One is a celebration, and the other is a joke.  One is about a news story everyone on Twitter knows about, the other isn't  But I see this everywhere I make stuff online. When I make stuff that allows people to agree or disagree with it in a straightforward   dichotomous way, it gets a   larger audience than when I don't do that. And this is true even when I'm sharing something  that almost everyone would be happy about.

Like, that the Sierra Leonean healthcare  system is getting stronger. The only real way I found to get a lot of engagement around an issue that people basically agree about is to present it as  instantly debatable as in, this is obvious and the only reason it's not happening is  because systems or people are merely evil and corrupt. The most notable example of this in my own life is probably my long-standing crusade  against the US penny.

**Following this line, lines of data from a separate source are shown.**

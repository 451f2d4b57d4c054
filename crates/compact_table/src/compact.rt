// The compact table: of each row the twelve Jacobian numbers and the two body numbers, side by side for the operator's loops.
// A body's linear and angular numbers stand in turn, as the bodies' impulses do (kapitsa_joint, paired.rt): both dots of a body are then made two numbers at a time.
ghost use Rattle.std.specs.Prelude.{◌≡◌, ◌+◌, ◌*◌, ◌≤◌, length};
ghost use Rattle.kapitsa_joint.specs.Row.{row_of, jacobian_of};
ghost use Rattle.compact_table.specs.Compact.{compact_of, put_jacobian_of, put_link_of, Gathered};

use kapitsa_joint::{RowJacobian, jacobian_at};
use kapitsa_math::{put_spread, spread_at};

#[tactic(auto, unfolding(crate::specs::Compact::compact_of))]
pub fn compact_at(jacobians: &[f64], links: &[u32], i: usize) -> RowJacobian
    requires { (12 * i + 12 ≤ length jacobians.now) × (2 * i + 2 ≤ length links.now) }
    ensures { result ≡ compact_of jacobians.now links.now i }
{
    let at = 12 * i;
    let link = 2 * i;
    RowJacobian {
        linear_a: spread_at(jacobians, at),
        angular_a: spread_at(jacobians, at + 1),
        linear_b: spread_at(jacobians, at + 6),
        angular_b: spread_at(jacobians, at + 7),
        body_a: links[link],
        body_b: links[link + 1],
    }
}

#[tactic(auto, unfolding(crate::specs::Compact::put_jacobian_of))]
fn put_jacobian(jacobians: &mut [f64], i: usize, j: RowJacobian)
    requires { 12 * i + 12 ≤ length jacobians.old }
    ensures { jacobians.new ≡ put_jacobian_of jacobians.old i j }
{
    let at = 12 * i;
    let linear_a = j.linear_a;
    let angular_a = j.angular_a;
    let linear_b = j.linear_b;
    let angular_b = j.angular_b;
    put_spread(jacobians, at, linear_a);
    put_spread(jacobians, at + 1, angular_a);
    put_spread(jacobians, at + 6, linear_b);
    put_spread(jacobians, at + 7, angular_b);
}

#[tactic(auto, unfolding(crate::specs::Compact::put_link_of))]
fn put_link(links: &mut [u32], i: usize, j: RowJacobian)
    requires { 2 * i + 2 ≤ length links.old }
    ensures { links.new ≡ put_link_of links.old i j }
{
    let link = 2 * i;
    links[link] = j.body_a;
    links[link + 1] = j.body_b;
}

fn gather_at(numbers: &[f64], words: &[u32], i: usize, jacobians: &mut [f64], links: &mut [u32])
    requires { (27 * i + 27 ≤ length numbers.now) × (8 * i + 8 ≤ length words.now) × (12 * i + 12 ≤ length jacobians.old) × (2 * i + 2 ≤ length links.old) }
    ensures jacobians_after { jacobians.new ≡ put_jacobian_of jacobians.old i (jacobian_of (row_of numbers.now words.now i)) }
    ensures links_after { links.new ≡ put_link_of links.old i (jacobian_of (row_of numbers.now words.now i)) }
{
    let j = jacobian_at(numbers, words, i);
    put_jacobian(jacobians, i, j);
    put_link(links, i, j);
}

// The compact table of the first `rows` rows.
pub fn gather(numbers: &[f64], words: &[u32], rows: usize, jacobians: &mut [f64], links: &mut [u32])
    requires rows_in_bounds { (27 * rows ≤ length numbers.now) × (8 * rows ≤ length words.now) }
    requires rows_in_bounds_2 { (12 * rows ≤ length jacobians.old) × (2 * rows ≤ length links.old) }
    ensures { Gathered (λ i. jacobian_of (row_of numbers.now words.now i)) rows
        jacobians.old links.old jacobians.new links.new }
{
    for i in 0..rows {
        gather_at(numbers, words, i, jacobians, links);
    }
}
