// Replays stored job files through `write_sheet` and prints the sheet of each; `stdout` has what an independent reader of the format prints.
// The list: document 01's P1 to P9 (P4 at both limits), the sample jobs, generated files in every placement, some of them damaged,
// three of each kind of answer, and files at the edges of refusals 1 and 2. oracle/sheets.py makes it: each file is preceded by its length, a 32-bit word, little end first.
// A second list is printed as the gaps program prints it: files of the first one, two of each kind of answer. A third, of jobs with 8 rows and 4 bodies, goes through the functions for C.
// Then the job program itself, as `job` calls it, on what is left of standard input: the 65,537 bytes that it reads at most, and a file with the longest sheet.

#![tactic(auto)]

mod input; // input.rt: the files of standard input
mod lent; // lent.rt: a job through the functions for C

use job_sheet::{Sheet, print_job};

fn main(rt: HostRuntime) {
    let mut space: [u8; 65541] = [0; 65541];
    let mut text: [u8; 16384] = [0; 16384];
    input::print_sheets(&rt, Sheet::Job, &mut space, &mut text);
    input::print_sheets(&rt, Sheet::Gaps, &mut space, &mut text);
    input::print_lent_sheets(&rt, &mut space, &mut text);
    print_job(&rt);
    print_job(&rt);
}
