/// The parts of a generator of this library do not overlap if together they stay within the period:
/// no state occurs in two of them, and none occurs twice in one.
///
/// A draw is what a `u64` takes. For `Pcg64` the law is about the seeds, since the seed alone
/// determines the blocks. For a stream of ChaCha it assumes that fewer than 512 bytes are buffered.
/// `bytes`: within 2^70 bytes of a stream no state occurs twice, whatever the sizes of the requests
/// are.
pub fn parts_are_apart<const ROUNDS: u8>()
    ensures wyrand { (seed : ℕ) → seed < 2 ^ 64
        → PartsAreApart (2 ^ 64) (λ n. after_draws wyrand_requests n seed) }
    ensures pcg64 { (g : pcg64.Generator) → g.seed < 2 ^ 128
        → PartsAreApart (2 ^ 126) (λ n. (after_draws pcg64_requests n g).seed) }
    ensures chacha { (x : List ℕ) → IsMatrix x
        → PartsAreApart (2 ^ 64) (λ n. after_draws (chacha_requests ROUNDS) n x) }
    ensures streams { (b : Buffered (List ℕ)) → IsMatrix b.inner → length b.rest < 512
        → PartsAreApart (2 ^ 67) (λ n. after_draws (stream_requests ROUNDS) n b) }
    ensures bytes { (b : Buffered (List ℕ)) → IsMatrix b.inner → length b.rest < 512
        → NothingTwice (2 ^ 70) (λ n. (stream_requests ROUNDS).after b n) }
{}

/// For every generator that implements `Parts` (and `Drop`), the parts of a stream do not overlap,
/// and what the generator draws repeats after its period.
///
/// A draw is what a `u64` takes. `apart`: parts of one length that together stay within the period
/// do not overlap: no state occurs in two of them, and none occurs twice in one. The states are
/// those after whole draws. `again`: from some draw on, the 64-bit numbers that are drawn are those
/// of `period` draws before. The law does not say that the numbers have no smaller period, since
/// two states may have equal blocks. For the blocks of `WyRand` and `Pcg64`, `wyrand_cycle` and
/// `pcg64_cycles` prove it.
pub fn all_parts_are_apart<G: Parts<OUTPUT> + Drop, const OUTPUT: usize>(stream: &G)
    ensures apart { PartsAreApart G.period (λ n. after_draws G.requests n stream.now) }
    ensures again { ComesAgain G.period
        (λ n. next_word G.requests 64 (after_draws G.requests n stream.now)) }
{
    let _ = stream.part(0, 0);
}

/// If each task draws only from the part of its own index, the results do not depend on the order
/// in which the tasks run, or on how often each runs, as long as each runs at least once. The
/// result of an index is what its task gives on its part.
///
/// A task is a function of its index and of the generator that it is given, and writes its own
/// result as a whole. A schedule is the list of the indices in the order in which their tasks end,
/// and has each index below `count` at least once. The old results do not matter, nor do runs that
/// stopped before they wrote. The law `parts_as_one_loop` proves that these are the results of one
/// loop over one generator.
pub fn parts_in_any_order<G: Rng<OUTPUT>, const OUTPUT: usize, T>()
    ensures { (task : ℕ → G → T) (draws count : ℕ) (g : G) (schedule : List ℕ) (results : List T)
        → length results ≡ count → ((i : ℕ) → i < count → Contains schedule i) →
        let own = λ (i : ℕ). task i (part_at G.requests draws i g) in
        results_after own schedule results ≡ map own (range_with_len 0 count) }
{}

/// If each task uses up one part of a stream, the tasks give the results of one loop that runs them
/// one after another over one generator.
///
/// A task is a function of its index and of the state of the generator: it gives a result and the
/// state that it leaves. The premise of the first three clauses: on each part, the task leaves the
/// state that is `draws` draws ahead. A task does so if it draws exactly `draws` times, or if it
/// draws fewer times and then jumps to the end of its part. `parts`: the results of the loop are
/// those of the tasks, each run alone on the part of its index. `left`: the loop leaves the stream
/// at the part after the last one. `schedules`: tasks that run by a schedule, in any order and each
/// at least once, give the results of the loop.
///
/// `jumps` has no premise: if a loop runs each task on a copy of its generator, and then jumps
/// `draws` draws ahead, its results are those of the tasks on their parts. `jumping_schedules`:
/// tasks that run by a schedule give the results of this loop.
pub fn parts_as_one_loop<G: Rng<OUTPUT>, const OUTPUT: usize, T>()
    ensures parts { (task : ℕ → G → T × G) (draws count : ℕ) (g : G) →
        let start = λ (i : ℕ). part_at G.requests draws i g in
        ((i : ℕ) → i < count → (task i (start i)).1 ≡ after_draws G.requests draws (start i))
        → results_in_turn task count g
        ≡ map (λ i. (task i (start i)).0) (range_with_len 0 count) }
    ensures left { (task : ℕ → G → T × G) (draws count : ℕ) (g : G) →
        let start = λ (i : ℕ). part_at G.requests draws i g in
        ((i : ℕ) → i < count → (task i (start i)).1 ≡ after_draws G.requests draws (start i))
        → left_in_turn task count g ≡ start count }
    ensures schedules { (task : ℕ → G → T × G) (draws count : ℕ) (g : G) (schedule : List ℕ)
        (results : List T) →
        let start = λ (i : ℕ). part_at G.requests draws i g in
        ((i : ℕ) → i < count → (task i (start i)).1 ≡ after_draws G.requests draws (start i))
        → length results ≡ count → ((i : ℕ) → i < count → Contains schedule i)
        → results_after (λ i. (task i (start i)).0) schedule results
        ≡ results_in_turn task count g }
    ensures jumps { (task : ℕ → G → T) (draws count : ℕ) (g : G)
        → results_in_turn (on_a_copy G.requests task draws) count g
        ≡ map (λ i. task i (part_at G.requests draws i g)) (range_with_len 0 count) }
    ensures jumping_schedules { (task : ℕ → G → T) (draws count : ℕ) (g : G) (schedule : List ℕ)
        (results : List T)
        → length results ≡ count → ((i : ℕ) → i < count → Contains schedule i)
        → results_after (λ i. task i (part_at G.requests draws i g)) schedule results
        ≡ results_in_turn (on_a_copy G.requests task draws) count g }
{}

/// Which seeds of `Pcg64` can be reached from which by draws.
///
/// `reached`: some number of draws leads from s to t if and only if both are in the same one of the
/// four cycles. `once`: then exactly one number of draws below 2^126 does.
pub fn pcg64_reach()
    ensures reached { (s t : ℕ) → s < 2 ^ 128 → t < 2 ^ 128
        → Reaches pcg64.seed_after s t ↔ pcg64.SameCycle s t }
    ensures once { (s t : ℕ) → s < 2 ^ 128 → t < 2 ^ 128 → pcg64.SameCycle s t
        → ReachesOnceBelow (2 ^ 126) pcg64.seed_after s t }
{}

/// In 2^126 draws in a row, each of the 2^64 words of `Pcg64` occurs exactly 2^62 times.
///
/// `words`: this holds from every seed, so also after any number of draws. `events`: the number of
/// words that pass a test is 2^62 for each 64-bit number that passes it.
pub fn pcg64_words_are_equally_frequent()
    ensures words { (seed w : ℕ) → seed < 2 ^ 128 → w < 2 ^ 64
        → pcg64_word_count (2 ^ 126) seed w ≡ 2 ^ 62 }
    ensures events { (seed : ℕ) (test : ℕ → Bool) → seed < 2 ^ 128
        → pcg64_words_that (2 ^ 126) seed test ≡ words_that 64 test * 2 ^ 62 }
{}

/// The words of `WyRand` are not equally frequent: the word 0 occurs at least twice in 2^64 draws,
/// and some word never occurs.
///
/// `seeds`: in 2^64 draws in a row, from any seed, a word occurs as often as there are seeds that
/// have it. `twice`: at least two seeds have the word 0. `never`: some 64-bit word occurs at no
/// draw from any seed.
pub fn wyrand_words_are_not_equally_frequent()
    ensures seeds { (seed w : ℕ) → seed < 2 ^ 64
        → wyrand_word_count (2 ^ 64) seed w ≡ wyrand_seeds_with (2 ^ 64) w }
    ensures twice { 2 ≤ wyrand_seeds_with (2 ^ 64) 0 }
    ensures never { SomeWordNeverComes }
{}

And I can get some engagement out of the idea that the US penny only gets  minted because Congress mostly cares about divisive issues that can help  them get re-elected and not super obvious things like, not minting pennies. However, that kinda thing is much easier  with small issues, like pennies, than it is with something big, like the multifactoral  injustice that has led to impoverished healthcare and education systems. But, here's the thing, even though vlogbrothers videos about how stupid pennies are have  gotten lots of engagement and views, I would actually argue they have been  less effective at making change, pun intended,  than vlogbrothers videos that get far less views.  For instance, vlogbrothers videos about Kissy Psychiatric Hospital and, for me,  that's the real lesson.

They way to get simple engagement:  likes, views, comments; is not necessarily the way to get actual engagement.  The kind of volunteering, and fundraising, and lobbying that helps bring about real change. Of course, none of this is to delegitimize having fun on the internet and engaging  with instantly debatable questions And, I think even politically charged  instantly debatable questions can be hugely helpful in getting us angry.  Because we should be pissed off about injustice. And sometimes those instantly debatable  questions can be a way into a new or deeper understanding of it.

The year I graduated from high school,  11 million children under the age of 5 died. This year, fewer than 5 million will.  That is still way too high, but there was nothing inevitable about that progress.  It happened because people worked together to make it happen. Activists, healthcare workers, governments, charities, all worked together to make that  progress, and it was messy,  hard, complicated work.  But that is real engagement.

Not stopping at mere despair. Hank, I'll see you on Friday.